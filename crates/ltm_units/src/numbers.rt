//! The numbers that texts parse.
ghost use Rattle.std.specs.Prelude.{◌≡◌, ℕ, ◌<◌, ◌≤◌, ◌+◌, ◌^◌, ◌↔◌, ◌==◌, ◌&&◌, ◌||◌, not, min, nat_lt, true, Some, None, Err, IfOk, IfSome, position, if◌then◌else◌};
ghost use Rattle.std.specs.List.{list_all};
ghost use Rattle.ltm_units.specs.Numbers.{is_digit, is_point, value, number_told, whole, vehicles, bad_place, sized, IsFirstBad};
ghost use Rattle.ltm_units.specs.Bounds.{most_amount};

use crate::Units;

/// Why a text tells no amount of vehicles.
#[derive(Clone, Copy, Debug, PartialEq, Eq)]
pub enum NumberFault {
    /// The text has no byte.
    Empty,
    /// The byte at this place, counted from 0, is none that an amount has there.
    BadByte(u64),
    /// More than three digits stand behind the point.
    TooManyDecimals,
    /// The amount is above 1,000,000 vehicles.
    TooLarge,
}

const CAP: u64 = 1 << 40;

/// The value of digits, where it fits.
#[tactic(auto, using(crate::proofs::Digits::steps))]
fn value_of(digits: &[u8]) -> Option<u64>
    requires { list_all is_digit digits.now ≡ true }
    ensures { result ≡ (if nat_lt (value digits.now) (2 ^ 64) then Some
        (value digits.now) else None) }
{
    let mut sum: u64 = 0;
    for d in digits {
        sum = sum.checked_mul(10)?.checked_add(u64::from(*d - b'0'))?;
    }
    Some(sum)
}

/// The value of digits, up to a cap.
fn capped(digits: &[u8]) -> u64
    requires { list_all is_digit digits.now ≡ true }
    ensures { result ≡ min (value digits.now) (2 ^ 40) }
{
    match value_of(digits) {
        Some(sum) => sum.min(CAP),
        None => CAP,
    }
}

fn are_digits(text: &[u8]) -> bool
    ensures { result ≡ list_all is_digit text.now }
{
    text.iter().all(|b| *b >= 48 && *b <= 57)
}

/// The number that a text tells: one or more digits, no more than so many, with a value of at most `most`.
pub fn read_number(text: &[u8], most_digits: usize, most: u64) -> Option<u64>
    ensures number { result ≡ number_told most_digits most text.now }
    ensures small { IfSome result (λ number. number ≤ most) }
{
    if text.is_empty() || text.len() > most_digits || !are_digits(text) {
        return None;
    }
    let number = value_of(text)?;
    if number <= most { Some(number) } else { None }
}

/// A whole number of 1 to 10 digits, where it is below 2^32.
pub fn read_whole(text: &[u8]) -> Option<u32>
    ensures { result ≡ whole text.now }
{
    match read_number(text, 10, 4_294_967_295) {
        Some(number) => Some(number as u32),
        None => None,
    }
}

/// Whether no amount has this byte at this place of a text of this length, behind a point or not.
fn is_bad(byte: u8, place: usize, len: usize, has_point: bool) -> bool
    requires { place < len }
    ensures { result ≡ (not (is_digit byte) && (not (is_point byte) || (place == 0) || (place
        + 1 == len) || has_point)) }
{
    !(byte >= 48 && byte <= 57) && (byte != b'.' || place == 0 || place + 1 == len || has_point)
}

/// The first byte that no amount has at its place.
#[tactic(auto, using(crate::proofs::BadBytes::steps))]
fn find_bad(text: &[u8]) -> Option<usize>
    ensures { result ≡ bad_place text.now }
{
    let mut has_point = false;
    for (place, byte) in text.iter().enumerate() {
        if is_bad(*byte, place, text.len(), has_point) {
            return Some(place);
        }
        has_point = has_point || *byte == b'.';
    }
    None
}

fn find_point(text: &[u8]) -> Option<usize>
    ensures { result ≡ position is_point text.now }
{
    text.iter().position(|b| *b == b'.')
}

/// The amount of these digits before and behind the point.
fn amount(front: &[u8], back: &[u8]) -> Result<Units, NumberFault>
    requires front { list_all is_digit front.now ≡ true }
    requires back { list_all is_digit back.now ≡ true }
    ensures value { result ≡ sized front.now back.now }
    ensures small { IfOk result (λ units. units.0 ≤ most_amount) }
{
    if back.len() > 3 {
        return Err(NumberFault::TooManyDecimals);
    }
    let scale: u64 = match back.len() {
        0 => 1000,
        1 => 100,
        2 => 10,
        _ => 1,
    };
    let units = capped(front) * 1000 + capped(back) * scale;
    if units > 1_000_000_000 {
        Err(NumberFault::TooLarge)
    } else {
        Ok(Units(units))
    }
}

/// The amount that a text tells, or its first fault.
#[tactic(auto, using(crate::proofs::BadBytes::parts))]
fn parse(text: &[u8]) -> Result<Units, NumberFault>
    ensures value { result ≡ vehicles text.now }
    ensures small { IfOk result (λ units. units.0 ≤ most_amount) }
{
    if text.is_empty() {
        return Err(NumberFault::Empty);
    }
    match find_bad(text) {
        Some(place) => Err(NumberFault::BadByte(place as u64)),
        None => match find_point(text) {
            None => amount(text, &[]),
            Some(p) => amount(&text[..p], &text[p + 1..]),
        },
    }
}

/// The amount that a text tells in vehicles, as `7`, `7.2` or `7.225`: digits, or digits, a point and one to three
/// digits, of at most 1,000,000 vehicles.
///
/// Where several faults stand together the first in the order of `NumberFault` is told, and of several bad bytes the
/// first.
pub fn read_vehicles(text: &[u8]) -> Result<Units, NumberFault>
    ensures value { result ≡ vehicles text.now }
    ensures small { IfOk result (λ units. units.0 ≤ most_amount) }
    ensures bad_byte { (place : ℕ)
        → (result ≡ Err (NumberFault.BadByte place)) ↔ IsFirstBad text.now place }
{
    parse(text)
}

• [Task objective]:
Above are the records; reproduce all of them exactly.

• [Solution to the problem]:
filename crates/ltm_units/src/numbers.rt
//! The numbers that texts parse.
ghost use Rattle.std.specs.Prelude.{◌≡◌, ℕ, ◌<◌, ◌≤◌, ◌+◌, ◌^◌, ◌↔◌, ◌==◌, ◌&&◌, ◌||◌, not, min, nat_lt, true, Some, None, Err, IfOk, IfSome, position, if◌then◌else◌};
ghost use Rattle.std.specs.List.{list_all};
ghost use Rattle.ltm_units.specs.Numbers.{is_digit, is_point, value, number_told, whole, vehicles, bad_place, sized, IsFirstBad};
ghost use Rattle.ltm_units.specs.Bounds.{most_amount};

use crate::Units;

/// Why a text tells no amount of vehicles.
#[derive(Clone, Copy, Debug, PartialEq, Eq)]
pub enum NumberFault {
    /// The text has no byte.
    Empty,
    /// The byte at this place, counted from 0, is none that an amount has there.
    BadByte(u64),
    /// More than three digits stand behind the point.
    TooManyDecimals,
    /// The amount is above 1,000,000 vehicles.
    TooLarge,
}

const CAP: u64 = 1 << 40;

/// The value of digits, where it fits.
#[tactic(auto, using(crate::proofs::Digits::steps))]
fn value_of(digits: &[u8]) -> Option<u64>
    requires { list_all is_digit digits.now ≡ true }
    ensures { result ≡ (if nat_lt (value digits.now) (2 ^ 64) then Some
        (value digits.now) else None) }
{
    let mut sum: u64 = 0;
    for d in digits {
        sum = sum.checked_mul(10)?.checked_add(u64::from(*d - b'0'))?;
    }
    Some(sum)
}

/// The value of digits, up to a cap.
fn capped(digits: &[u8]) -> u64
    requires { list_all is_digit digits.now ≡ true }
    ensures { result ≡ min (value digits.now) (2 ^ 40) }
{
    match value_of(digits) {
        Some(sum) => sum.min(CAP),
        None => CAP,
    }
}

fn are_digits(text: &[u8]) -> bool
    ensures { result ≡ list_all is_digit text.now }
{
    text.iter().all(|b| *b >= 48 && *b <= 57)
}

/// The number that a text tells: one or more digits, no more than so many, with a value of at most `most`.
pub fn read_number(text: &[u8], most_digits: usize, most: u64) -> Option<u64>
    ensures number { result ≡ number_told most_digits most text.now }
    ensures small { IfSome result (λ number. number ≤ most) }
{
    if text.is_empty() || text.len() > most_digits || !are_digits(text) {
        return None;
    }
    let number = value_of(text)?;
    if number <= most { Some(number) } else { None }
}

/// A whole number of 1 to 10 digits, where it is below 2^32.
pub fn read_whole(text: &[u8]) -> Option<u32>
    ensures { result ≡ whole text.now }
{
    match read_number(text, 10, 4_294_967_295) {
        Some(number) => Some(number as u32),
        None => None,
    }
}

/// Whether no amount has this byte at this place of a text of this length, behind a point or not.
fn is_bad(byte: u8, place: usize, len: usize, has_point: bool) -> bool
    requires { place < len }
    ensures { result ≡ (not (is_digit byte) && (not (is_point byte) || (place == 0) || (place
        + 1 == len) || has_point)) }
{
    !(byte >= 48 && byte <= 57) && (byte != b'.' || place == 0 || place + 1 == len || has_point)
}

/// The first byte that no amount has at its place.
#[tactic(auto, using(crate::proofs::BadBytes::steps))]
fn find_bad(text: &[u8]) -> Option<usize>
    ensures { result ≡ bad_place text.now }
{
    let mut has_point = false;
    for (place, byte) in text.iter().enumerate() {
        if is_bad(*byte, place, text.len(), has_point) {
            return Some(place);
        }
        has_point = has_point || *byte == b'.';
    }
    None
}

fn find_point(text: &[u8]) -> Option<usize>
    ensures { result ≡ position is_point text.now }
{
    text.iter().position(|b| *b == b'.')
}

/// The amount of these digits before and behind the point.
fn amount(front: &[u8], back: &[u8]) -> Result<Units, NumberFault>
    requires front { list_all is_digit front.now ≡ true }
    requires back { list_all is_digit back.now ≡ true }
    ensures value { result ≡ sized front.now back.now }
    ensures small { IfOk result (λ units. units.0 ≤ most_amount) }
{
    if back.len() > 3 {
        return Err(NumberFault::TooManyDecimals);
    }
    let scale: u64 = match back.len() {
        0 => 1000,
        1 => 100,
        2 => 10,
        _ => 1,
    };
    let units = capped(front) * 1000 + capped(back) * scale;
    if units > 1_000_000_000 {
        Err(NumberFault::TooLarge)
    } else {
        Ok(Units(units))
    }
}

/// The amount that a text tells, or its first fault.
#[tactic(auto, using(crate::proofs::BadBytes::parts))]
fn parse(text: &[u8]) -> Result<Units, NumberFault>
    ensures value { result ≡ vehicles text.now }
    ensures small { IfOk result (λ units. units.0 ≤ most_amount) }
{
    if text.is_empty() {
        return Err(NumberFault::Empty);
    }
    match find_bad(text) {
        Some(place) => Err(NumberFault::BadByte(place as u64)),
        None => match find_point(text) {
            None => amount(text, &[]),
            Some(p) => amount(&text[..p], &text[p + 1..]),
        },
    }
}

/// The amount that a text tells in vehicles, as `7`, `7.2` or `7.225`: digits, or digits, a point and one to three
/// digits, of at most 1,000,000 vehicles.
///
/// Where several faults stand together the first in the order of `NumberFault` is told, and of several bad bytes the
/// first.
pub fn read_vehicles(text: &[u8]) -> Result<Units, NumberFault>
    ensures value { result ≡ vehicles text.now }
    ensures small { IfOk result (λ units. units.0 ≤ most_amount) }
    ensures bad_byte { (place : ℕ)
        → (result ≡ Err (NumberFault.BadByte place)) ↔ IsFirstBad text.now place }
{
    parse(text)
}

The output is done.